Although I would like to make the case for this book. I also have an immigrant parent who has in some way negatively affected how I love people. For the protagonist, her mother is extremely homophobic, sexist, and insults her daughter at every chance. It seems like everything she doesn’t like about her daughter (her looks, “lifestyle”, and personality) is ammunition to hurt her. It could be a perverse way to feel power by bullying your own child. I’m not here to pathologize people. All I know is that it had a lasting impact on how our protagonist approaches relationships. Not receiving the love and attention every child deserves, she was expected to grow up and look after herself. It explains in a way her state of constant inertia in life. Switching flippantly through one job (a night club DJ to a poet) to another without much forethought. Acting like a lost “child” now that she doesn’t have something to run away. Similarly, because she never got her mother’s approval, she is constantly looking for it in other women. Her romantic relationships are sabotaged due to her fear that they will never be accepted by her mother. In turn, she also obsesses over straight older women in existing relationships. I wonder why.
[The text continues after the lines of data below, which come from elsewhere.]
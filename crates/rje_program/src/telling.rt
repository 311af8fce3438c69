//! Words that ask for no command, and commands that fail, reported, and their exit status.
ghost use Rattle.std.specs.Prelude.{◌≡◌, ◌≢◌, ◌⊎◌};
ghost use Rattle.clap.specs.Words.{kind_of};
ghost use Rattle.rje_commands.specs.CommandFault.{status_of};
ghost use Rattle.rje_program.specs.Command.{IsHelp, IsHelpError, error_status, words_status};

use crate::printed_error::PrintedError;
use clap::Error;
use clap::error::ErrorKind;
use rje_cli::WordsFault;
use rje_commands::{CommandFault, tell};
use rje_jobs::FileFault;
use rje_names::PrintedName;
use std::io::Write;

/// Gives the help or the version that was asked for, or reports why the words ask for nothing that can be done. Returns the exit status.
pub fn tell_words<O: Write, E: Write>(fault: &WordsFault, out: &mut O, err: &mut E) -> u8
    ensures help { result ≡ 0 → IsHelp fault.now }
    ensures status { (result ≡ words_status fault.now)
        ⊎ (IsHelp fault.now × ((result ≡ 3) ⊎ (result ≡ 141))) }
    ensures silent { (IsHelp fault.now → ⊥) → out.new ≡ out.old }
    ensures quiet { (result ≡ 0) ⊎ (result ≡ 141) → err.new ≡ err.old }
{
    match fault {
        WordsFault::Refused(error) => tell_error(error, out, err),
        WordsFault::TwoDevices
        | WordsFault::BadName(_)
        | WordsFault::BadNumbers(_)
        | WordsFault::NoMark
        | WordsFault::BadAddress(_)
        | WordsFault::BadHost(_)
        | WordsFault::NoMeeting
        | WordsFault::CallersCalled
        | WordsFault::BadCallers(_)
        | WordsFault::WaitCalled
        | WordsFault::EveryListens
        | WordsFault::SettlesWithAdapter
        | WordsFault::SettlesForEver
        | WordsFault::SettlesWithCallers
        | WordsFault::TwoRanks
        | WordsFault::NewAndAppend => {
            let _ = writeln!(err, "rje: {fault}");
            2
        }
    }
}

/// Reports why a command fails whose job file has this name: in front that it is none, where that is why.
pub fn tell_of<E: Write>(fault: &CommandFault, jobs: Option<&str>, err: &mut E) -> u8
    ensures status { result ≡ status_of fault.now }
    ensures failed { result ≢ 0 }
    ensures quiet { result ≡ 141 → err.new ≡ err.old }
{
    if let (Some(jobs), CommandFault::File(FileFault::NotJobFile)) = (jobs, fault) {
        let _ = writeln!(err, "rje: {}: no job file", PrintedName(jobs));
    }
    tell(fault, err)
}

/// Gives help, or reports why the words aren't taken.
fn tell_error<O: Write, E: Write>(error: &Error, out: &mut O, err: &mut E) -> u8
    ensures help { result ≡ 0 → IsHelpError error.now }
    ensures status { (result ≡ error_status (kind_of error.now))
        ⊎ (IsHelpError error.now × ((result ≡ 3) ⊎ (result ≡ 141))) }
    ensures silent { (IsHelpError error.now → ⊥) → out.new ≡ out.old }
    ensures quiet { (result ≡ 0) ⊎ (result ≡ 141) → err.new ≡ err.old }
{
    if error.kind() == ErrorKind::OutOfMemory {
        return tell(&CommandFault::OutOfMemory, err);
    }
    if error.use_stderr() {
        let _ = write!(err, "{}", PrintedError(error));
        return 2;
    }
    match write!(out, "{error}") {
        Ok(()) => 0,
        Err(error) => tell(&CommandFault::of_output(&error), err),
    }
}
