//! The check of the line: CRC-16.
#![tactic(auto)]

mod check;
mod laws;
mod table;
mod tables;

pub use check::Check;
pub use laws::one_remainder;
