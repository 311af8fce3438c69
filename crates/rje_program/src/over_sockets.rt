//! One run of the program over sockets, files and two writers.
ghost use Rattle.std.specs.Prelude.{◌≡◌, ◌⊎◌, map, true, false};
ghost use Rattle.rje_requests.specs.declared.order.SocketOrder.{SocketOrder as Asked};
ghost use Rattle.rje_cli.specs.Asking.{AsksFor, IsWordsFault};
ghost use Rattle.rje_commands.specs.CommandFault.{status_of};
ghost use Rattle.rje_sockets.specs.SocketCommand.{IsSocketFault, LeavesFiles, Transmits};
ghost use Rattle.rje_program.specs.SocketCommand.{AsksForNoSockets, IsSocketStatus, LeavesFilesAsAsked, NamesSockets, RefusesAsAsked};
ghost use Rattle.rje_program.specs.SocketCommand.{NamesStation, NamesStatus, TransmitsAsAsked};
ghost use Rattle.rje_store.specs.Store.{Discloses, IsSame};

use crate::telling::{tell_of, tell_words};
use rje_cli::parse;
use rje_commands::{CommandFault, tell};
use rje_requests::{Order, SocketOrder};
use rje_sockets::carry_out;
use rje_store::Store;
use std::alloc::Global;
use std::io::Write;
use std::net::Net;
use std::time::Clock;

/// Whether these words, which are those after the program's name, ask for a command over sockets: by the first of them.
pub fn is_for_sockets(words: &[&str]) -> bool
    ensures yes { result ≡ true → NamesSockets (map (λ word. word.now) words.now) }
    ensures no { result ≡ false → NamesSockets (map (λ word. word.now) words.now) → ⊥ }
{
    match words.first() {
        Some(word) => matches!(*word, "loop" | "send" | "receive" | "exchange"),
        None => false,
    }
}

/// Whether these words, which are those after the program's name, ask for a station that stays on the line: by the first of them.
pub fn is_for_station(words: &[&str]) -> bool
    ensures yes { result ≡ true → NamesStation (map (λ word. word.now) words.now) }
    ensures no { result ≡ false → NamesStation (map (λ word. word.now) words.now) → ⊥ }
{
    match words.first() {
        Some(word) => matches!(*word, "station"),
        None => false,
    }
}

/// Whether these words, which are those after the program's name, ask for a look at the folder of a station: by the first of them.
pub fn is_for_status(words: &[&str]) -> bool
    ensures yes { result ≡ true → NamesStatus (map (λ word. word.now) words.now) }
    ensures no { result ≡ false → NamesStatus (map (λ word. word.now) words.now) → ⊥ }
{
    match words.first() {
        Some(word) => matches!(*word, "status"),
        None => false,
    }
}

/// Runs the command over sockets that these words ask for, and returns its exit status: 0 where all was sent and received (or it gave help or
/// the version), 4 where some was not, 1 where a job file that it sends or receives into is refused, 2 where the words ask for no command over sockets, 3
/// where a file, a line or an output failed, 5 where there was no memory, 141 where nobody reads `out` any more. What the command gives goes
/// to `out`, and why it fails to `err`, and its turns as they happen if that is asked for. If
/// `err` is a terminal, it is shown there how far a transmission is, unless the words ask for the turns or for nothing.
pub fn socket_command<R: Net + Clock, S: Store, O: Write, E: Write>(
    rt: &R,
    alloc: Global,
    words: &[&str],
    store: &mut S,
    out: &mut O,
    err: &mut E,
    is_terminal: bool,
) -> u8
    ensures done { (result ≡ 0) ⊎ (result ≡ 4)
        → TransmitsAsAsked result (map (λ word. word.now) words.now)
        (S.files store.old) (S.files store.new) (O.contents out.old) (O.contents out.new) }
    ensures refused { result ≡ 1
        → RefusesAsAsked (map (λ word. word.now) words.now) (S.files store.old) }
    ensures words { result ≡ 2 → AsksForNoSockets (map (λ word. word.now) words.now) }
    ensures status { IsSocketStatus result }
    ensures files { LeavesFilesAsAsked (map (λ word. word.now) words.now)
        (S.files store.old) (S.files store.new) }
    ensures files_kept { (result ≡ 1) ⊎ (result ≡ 2)
        → Discloses (S.files store.old) (S.files store.new) IsSame }
    ensures silent { (result ≡ 1) ⊎ (result ≡ 2) → out.new ≡ out.old }
{
    let order = match parse(alloc, words) {
        Ok(Order::Sockets(order)) => order,
        Ok(Order::Files(_)) => return tell(&CommandFault::NoCommand, err),
        Ok(Order::Station(_)) => return tell(&CommandFault::NoCommand, err),
        Ok(Order::Status(_)) => return tell(&CommandFault::NoCommand, err),
        Err(fault) => return tell_words(&fault, out, err),
    };
    match carry_out(rt, alloc, order, store, out, err, is_terminal) {
        Ok(ending) => ending.status(),
        Err(fault) => tell_of(&fault, job_file(&order), err),
    }
}

/// The name of the one job file that an order reads. `exchange` reads two, and reports itself which is none.
fn job_file<'a>(order: &SocketOrder<'a>) -> Option<&'a str> {
    match order {
        SocketOrder::Loop(order) => Some(order.jobs),
        SocketOrder::Send(order) => Some(order.jobs),
        SocketOrder::Receive(order) => Some(order.into.jobs),
        SocketOrder::Exchange(_) => None,
    }
}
Her obsessions come from imagining the perfect relationship with these unattainable people. Since she can never confront them with her feelings, she doesn’t have to face the possibility of rejection. In fact, she doesn’t even have to take responsibility if they were to return her feelings. And this is her reality. She is always in a relationship and never had the tools to express her love in a healthy way. Instead, all she knows is pleasing people (maybe avoiding important conversations as an interpretation of arguing too). Not having enough love from a single person because it seems as if she’s trying to make up years of deficiency and neglect from emotionally exhaustive parents. I see her “love addiction” as real and not some hokey way people excuse their disregard of hurting others. She’s also hurting herself and this amplifies her other mental illnesses such as anorexia. There’s a lot of guilt and shame she carries and it’s exerted both inwardly and outwardly but never towards the one person who needs to hear this the most. Her mother says she exists too much and how else are you as a child to interpret this as an admission that you are not supposed to exist at all.
I recommend this for people who are in a good mental space. There’s a lot of heavy subjects with a protagonist who is very compromised and does not always act in her best interest. There’s a whole slew of interesting commentary about race and identity here that I hope to revisit in a later post.